- **Task to carry out**
The first line of the entries below, the line containing "pub const LANE_ROOM: usize = 2;", and every line between them should be repeated exactly, and nothing else.

Extracted information Block Start

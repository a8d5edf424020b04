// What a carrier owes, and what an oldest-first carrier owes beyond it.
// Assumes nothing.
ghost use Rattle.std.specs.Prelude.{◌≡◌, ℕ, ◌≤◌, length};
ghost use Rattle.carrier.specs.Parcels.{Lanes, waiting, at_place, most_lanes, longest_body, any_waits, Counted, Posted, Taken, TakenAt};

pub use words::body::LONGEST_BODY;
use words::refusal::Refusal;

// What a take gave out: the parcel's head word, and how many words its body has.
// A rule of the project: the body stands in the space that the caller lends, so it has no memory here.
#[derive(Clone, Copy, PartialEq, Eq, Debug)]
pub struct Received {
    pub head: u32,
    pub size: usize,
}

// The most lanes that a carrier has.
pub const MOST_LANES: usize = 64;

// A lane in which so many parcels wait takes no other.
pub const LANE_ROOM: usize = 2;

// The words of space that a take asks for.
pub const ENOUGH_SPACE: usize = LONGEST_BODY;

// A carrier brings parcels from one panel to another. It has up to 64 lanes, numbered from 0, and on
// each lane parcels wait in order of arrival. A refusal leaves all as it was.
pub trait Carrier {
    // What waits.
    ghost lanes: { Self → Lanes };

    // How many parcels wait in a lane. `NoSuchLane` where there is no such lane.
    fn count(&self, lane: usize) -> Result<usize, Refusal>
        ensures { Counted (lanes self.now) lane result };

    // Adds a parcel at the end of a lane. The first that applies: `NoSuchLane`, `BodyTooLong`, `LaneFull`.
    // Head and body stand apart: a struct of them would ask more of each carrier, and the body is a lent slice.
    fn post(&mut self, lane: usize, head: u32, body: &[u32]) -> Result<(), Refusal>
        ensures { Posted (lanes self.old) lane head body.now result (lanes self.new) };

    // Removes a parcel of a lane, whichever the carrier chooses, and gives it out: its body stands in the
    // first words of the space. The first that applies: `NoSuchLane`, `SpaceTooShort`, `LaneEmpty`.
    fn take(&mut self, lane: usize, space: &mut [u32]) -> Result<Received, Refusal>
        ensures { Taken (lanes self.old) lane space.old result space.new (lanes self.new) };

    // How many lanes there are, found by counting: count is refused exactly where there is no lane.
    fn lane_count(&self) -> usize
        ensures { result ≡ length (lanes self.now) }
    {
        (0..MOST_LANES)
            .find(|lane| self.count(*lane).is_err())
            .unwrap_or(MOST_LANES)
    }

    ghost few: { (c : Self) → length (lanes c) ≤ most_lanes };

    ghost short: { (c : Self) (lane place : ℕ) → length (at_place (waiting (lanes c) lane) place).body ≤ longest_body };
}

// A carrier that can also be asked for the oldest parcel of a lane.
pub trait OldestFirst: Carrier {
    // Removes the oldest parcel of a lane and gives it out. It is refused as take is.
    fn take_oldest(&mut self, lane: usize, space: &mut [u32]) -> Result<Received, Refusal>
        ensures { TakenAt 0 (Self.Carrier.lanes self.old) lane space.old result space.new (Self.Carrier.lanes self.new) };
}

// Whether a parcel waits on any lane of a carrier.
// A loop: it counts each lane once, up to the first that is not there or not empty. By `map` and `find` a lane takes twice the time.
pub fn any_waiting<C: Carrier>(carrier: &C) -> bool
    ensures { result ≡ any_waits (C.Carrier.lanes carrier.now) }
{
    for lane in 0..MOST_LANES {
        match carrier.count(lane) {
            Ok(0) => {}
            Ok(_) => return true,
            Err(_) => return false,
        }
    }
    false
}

Extracted information Block End

- **Answer below**
repository a8d5edf424020b04
// What a carrier owes, and what an oldest-first carrier owes beyond it.
// Assumes nothing.
ghost use Rattle.std.specs.Prelude.{◌≡◌, ℕ, ◌≤◌, length};
ghost use Rattle.carrier.specs.Parcels.{Lanes, waiting, at_place, most_lanes, longest_body, any_waits, Counted, Posted, Taken, TakenAt};

pub use words::body::LONGEST_BODY;
use words::refusal::Refusal;

// What a take gave out: the parcel's head word, and how many words its body has.
// A rule of the project: the body stands in the space that the caller lends, so it has no memory here.
#[derive(Clone, Copy, PartialEq, Eq, Debug)]
pub struct Received {
    pub head: u32,
    pub size: usize,
}

// The most lanes that a carrier has.
pub const MOST_LANES: usize = 64;

// A lane in which so many parcels wait takes no other.
pub const LANE_ROOM: usize = 2;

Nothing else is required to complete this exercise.